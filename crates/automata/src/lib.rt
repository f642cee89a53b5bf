// Counter automata: what reads a sequence of duties and counts along it.
//
// `CounterAutomaton` is the interface; everything above is written once against its meaning. `Among`
// counts the duties of a set, `Table` takes its steps from bytes that the caller lends, and `Map`
// reads duties as classes before any other automaton. (Patterns of duties are in the crate `words`.)
// A step costs a few comparisons and at most one look-up.
//
// Each kind proves the laws of an automaton, and each step is the one that the meaning gives.
#![tactic(auto)]

ghost use Rattle.std.specs.Prelude.{◌≡◌, ℕ, ◌-◌, ◌^◌, ◌<◌, min, IfOk, MatchResult, slice_index};
ghost use Rattle.automata.specs.Automaton.{Automaton, Lawful};
ghost use Rattle.automata.specs.Reading.{total};
ghost use Rattle.automata.specs.Kinds.{among, mapped, table, GoodTable, Reads};
ghost use Rattle.automata.specs.Laws.{among_lawful, mapped_lawful, table_lawful};
ghost use Rattle.automata.specs.Faults.{TableFault, ClassFault};

use refusals::PostFault;

// An automaton of 1 to 16 states that reads duties 0 to 15, starting at state 0.
pub trait CounterAutomaton {
    ghost meaning: { Self → Automaton };

    // What each kind proves of its meaning.
    ghost lawful: { (x : Self) → Lawful (meaning x) };

    fn states(&self) -> usize
        ensures { result ≡ (meaning self.now).states };

    // The next state and the increase; 0 and 0 at a state or a duty that there is not.
    fn step(&self, state: usize, duty: usize) -> (usize, u64)
        ensures next { result.0 ≡ (meaning self.now).next state duty }
        ensures increase { result.1 ≡ (meaning self.now).increase state duty };
}

// The total of a sequence that is read from state 0. (Fewer than 2^60 duties have a total that fits.)
pub fn total_of<C: CounterAutomaton>(automaton: &C, duties: &[u8]) -> u64
    ensures { result ≡ min (total (C.CounterAutomaton.meaning automaton.now) 0 duties.now) (2 ^ 64 - 1) }
{
    let mut state = 0;
    let mut sum = 0u64;
    for duty in duties {
        let (next, increase) = automaton.step(state, *duty as usize);
        state = next;
        sum = sum.saturating_add(increase);
    }
    sum
}

// Counts the duties of a set, which may be empty.
#[derive(Clone, Copy)]
pub struct Among {
    set: u16,
}

impl Among {
    pub fn new(set: u16) -> Among
        ensures { result.set ≡ set }
    {
        Among { set }
    }
}

impl CounterAutomaton for Among {
    ghost meaning = { λ a. among a.set };

    ghost lawful = { λ a. among_lawful a.set };

    fn states(&self) -> usize {
        1
    }

    fn step(&self, state: usize, duty: usize) -> (usize, u64) {
        if state < 1 && duty < 16 {
            (0, u64::from((self.set >> duty) & 1))
        } else {
            (0, 0)
        }
    }
}

// A number of states, and the steps in bytes that the caller lends: the byte at 16 * state + duty is
// 16 times the next state plus the increase. Only bytes that are a table's are kept in one.
#[derive(Clone, Copy)]
pub struct Table<'a> {
    states: usize,
    steps: &'a [u8],
    ghost good: { GoodTable states steps.now },
}

impl<'a> Table<'a> {
    pub fn new(states: u8, steps: &'a [u8]) -> Result<Table<'a>, PostFault>
        ensures made { MatchResult result (λ t. GoodTable states steps.now × Reads states steps.now (table t.states t.steps.now)) (TableFault states steps.now) }
        ensures holds { IfOk result (λ t. (t.states ≡ states) × (t.steps.now ≡ steps.now)) }
    {
        let states = states as usize;
        if steps.len() != 16 * states {
            return Err(PostFault::Length {
                place: steps.len().min(16 * states),
            });
        }
        if states < 1 || states > 16 {
            return Err(PostFault::States);
        }
        match steps.iter().position(|b| (*b / 16) as usize >= states) {
            Some(place) => Err(PostFault::NextState { place }),
            None => Ok(Table { states, steps }),
        }
    }
}

impl<'a> CounterAutomaton for Table<'a> {
    ghost meaning = { λ t. table t.states t.steps.now };

    ghost lawful = { λ t. table_lawful t.states t.steps.now };

    fn states(&self) -> usize {
        self.states
    }

    fn step(&self, state: usize, duty: usize) -> (usize, u64) {
        if state >= self.states || duty >= 16 {
            return (0, 0);
        }
        let step = self.steps[16 * state + duty];
        ((step / 16) as usize, u64::from(step % 16))
    }
}

// Reads each duty as its class, 0 to 15, and steps the automaton below on that.
#[derive(Drop)]
pub struct Map<C> {
    classes: [u8; 16],
    below: C,
}

// Whether every class is one: else the first that is not.
pub fn check_classes(classes: &[u8; 16]) -> Result<(), PostFault>
    ensures { MatchResult result (λ _. (k : ℕ) → k < 16 → slice_index classes.now k < 16) (ClassFault classes.now) }
{
    match classes.iter().position(|class| *class > 15) {
        Some(place) => Err(PostFault::Duty { place }),
        None => Ok(()),
    }
}

impl<C> Map<C> {
    // A class above 15, which `check_classes` would refuse, is a duty that the automaton below does not have.
    pub fn new(classes: [u8; 16], below: C) -> Map<C>
        ensures { (result.classes ≡ classes) × (result.below ≡ below) }
    {
        Map { classes, below }
    }
}

impl<C: CounterAutomaton> CounterAutomaton for Map<C> {
    ghost meaning = { λ m. mapped m.classes (C.CounterAutomaton.meaning m.below) };

    ghost lawful = { λ m. mapped_lawful m.classes (C.CounterAutomaton.meaning m.below) (C.CounterAutomaton.lawful m.below) };

    fn states(&self) -> usize {
        self.below.states()
    }

    fn step(&self, state: usize, duty: usize) -> (usize, u64) {
        if state < self.below.states() && duty < 16 {
            self.below.step(state, self.classes[duty] as usize)
        } else {
            (0, 0)
        }
    }
}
◇ ◇ ◇ ◇ ◇ ◇ ◇
> _How to complete this task_:
The answer should be the complete set of records, printed exactly.

> _Answer for this exercise_:
filename crates/automata/src/lib.rt
repository f642cee89a53b5bf
// Counter automata: what reads a sequence of duties and counts along it.
//
// `CounterAutomaton` is the interface; everything above is written once against its meaning. `Among`
// counts the duties of a set, `Table` takes its steps from bytes that the caller lends, and `Map`
// reads duties as classes before any other automaton. (Patterns of duties are in the crate `words`.)
// A step costs a few comparisons and at most one look-up.
//
// Each kind proves the laws of an automaton, and each step is the one that the meaning gives.
#![tactic(auto)]

ghost use Rattle.std.specs.Prelude.{◌≡◌, ℕ, ◌-◌, ◌^◌, ◌<◌, min, IfOk, MatchResult, slice_index};
ghost use Rattle.automata.specs.Automaton.{Automaton, Lawful};
ghost use Rattle.automata.specs.Reading.{total};
ghost use Rattle.automata.specs.Kinds.{among, mapped, table, GoodTable, Reads};
ghost use Rattle.automata.specs.Laws.{among_lawful, mapped_lawful, table_lawful};
ghost use Rattle.automata.specs.Faults.{TableFault, ClassFault};

use refusals::PostFault;

// An automaton of 1 to 16 states that reads duties 0 to 15, starting at state 0.
pub trait CounterAutomaton {
    ghost meaning: { Self → Automaton };

    // What each kind proves of its meaning.
    ghost lawful: { (x : Self) → Lawful (meaning x) };

    fn states(&self) -> usize
        ensures { result ≡ (meaning self.now).states };

    // The next state and the increase; 0 and 0 at a state or a duty that there is not.
    fn step(&self, state: usize, duty: usize) -> (usize, u64)
        ensures next { result.0 ≡ (meaning self.now).next state duty }
        ensures increase { result.1 ≡ (meaning self.now).increase state duty };
}

// The total of a sequence that is read from state 0. (Fewer than 2^60 duties have a total that fits.)
pub fn total_of<C: CounterAutomaton>(automaton: &C, duties: &[u8]) -> u64
    ensures { result ≡ min (total (C.CounterAutomaton.meaning automaton.now) 0 duties.now) (2 ^ 64 - 1) }
{
    let mut state = 0;
    let mut sum = 0u64;
    for duty in duties {
        let (next, increase) = automaton.step(state, *duty as usize);
        state = next;
        sum = sum.saturating_add(increase);
    }
    sum
}

// Counts the duties of a set, which may be empty.
#[derive(Clone, Copy)]
pub struct Among {
    set: u16,
}

impl Among {
    pub fn new(set: u16) -> Among
        ensures { result.set ≡ set }
    {
        Among { set }
    }
}

impl CounterAutomaton for Among {
    ghost meaning = { λ a. among a.set };

    ghost lawful = { λ a. among_lawful a.set };

    fn states(&self) -> usize {
        1
    }

    fn step(&self, state: usize, duty: usize) -> (usize, u64) {
        if state < 1 && duty < 16 {
            (0, u64::from((self.set >> duty) & 1))
        } else {
            (0, 0)
        }
    }
}

// A number of states, and the steps in bytes that the caller lends: the byte at 16 * state + duty is
// 16 times the next state plus the increase. Only bytes that are a table's are kept in one.
#[derive(Clone, Copy)]
pub struct Table<'a> {
    states: usize,
    steps: &'a [u8],
    ghost good: { GoodTable states steps.now },
}

impl<'a> Table<'a> {
    pub fn new(states: u8, steps: &'a [u8]) -> Result<Table<'a>, PostFault>
        ensures made { MatchResult result (λ t. GoodTable states steps.now × Reads states steps.now (table t.states t.steps.now)) (TableFault states steps.now) }
        ensures holds { IfOk result (λ t. (t.states ≡ states) × (t.steps.now ≡ steps.now)) }
    {
        let states = states as usize;
        if steps.len() != 16 * states {
            return Err(PostFault::Length {
                place: steps.len().min(16 * states),
            });
        }
        if states < 1 || states > 16 {
            return Err(PostFault::States);
        }
        match steps.iter().position(|b| (*b / 16) as usize >= states) {
            Some(place) => Err(PostFault::NextState { place }),
            None => Ok(Table { states, steps }),
        }
    }
}

impl<'a> CounterAutomaton for Table<'a> {
    ghost meaning = { λ t. table t.states t.steps.now };

    ghost lawful = { λ t. table_lawful t.states t.steps.now };

    fn states(&self) -> usize {
        self.states
    }

    fn step(&self, state: usize, duty: usize) -> (usize, u64) {
        if state >= self.states || duty >= 16 {
            return (0, 0);
        }
        let step = self.steps[16 * state + duty];
        ((step / 16) as usize, u64::from(step % 16))
    }
}

// Reads each duty as its class, 0 to 15, and steps the automaton below on that.
#[derive(Drop)]
pub struct Map<C> {
    classes: [u8; 16],
    below: C,
}

// Whether every class is one: else the first that is not.
pub fn check_classes(classes: &[u8; 16]) -> Result<(), PostFault>
    ensures { MatchResult result (λ _. (k : ℕ) → k < 16 → slice_index classes.now k < 16) (ClassFault classes.now) }
{
    match classes.iter().position(|class| *class > 15) {
        Some(place) => Err(PostFault::Duty { place }),
        None => Ok(()),
    }
}

impl<C> Map<C> {
    // A class above 15, which `check_classes` would refuse, is a duty that the automaton below does not have.
    pub fn new(classes: [u8; 16], below: C) -> Map<C>
        ensures { (result.classes ≡ classes) × (result.below ≡ below) }
    {
        Map { classes, below }
    }
}

impl<C: CounterAutomaton> CounterAutomaton for Map<C> {
    ghost meaning = { λ m. mapped m.classes (C.CounterAutomaton.meaning m.below) };

    ghost lawful = { λ m. mapped_lawful m.classes (C.CounterAutomaton.meaning m.below) (C.CounterAutomaton.lawful m.below) };

    fn states(&self) -> usize {
        self.below.states()
    }

    fn step(&self, state: usize, duty: usize) -> (usize, u64) {
        if state < self.below.states() && duty < 16 {
            self.below.step(state, self.classes[duty] as usize)
        } else {
            (0, 0)
        }
    }
}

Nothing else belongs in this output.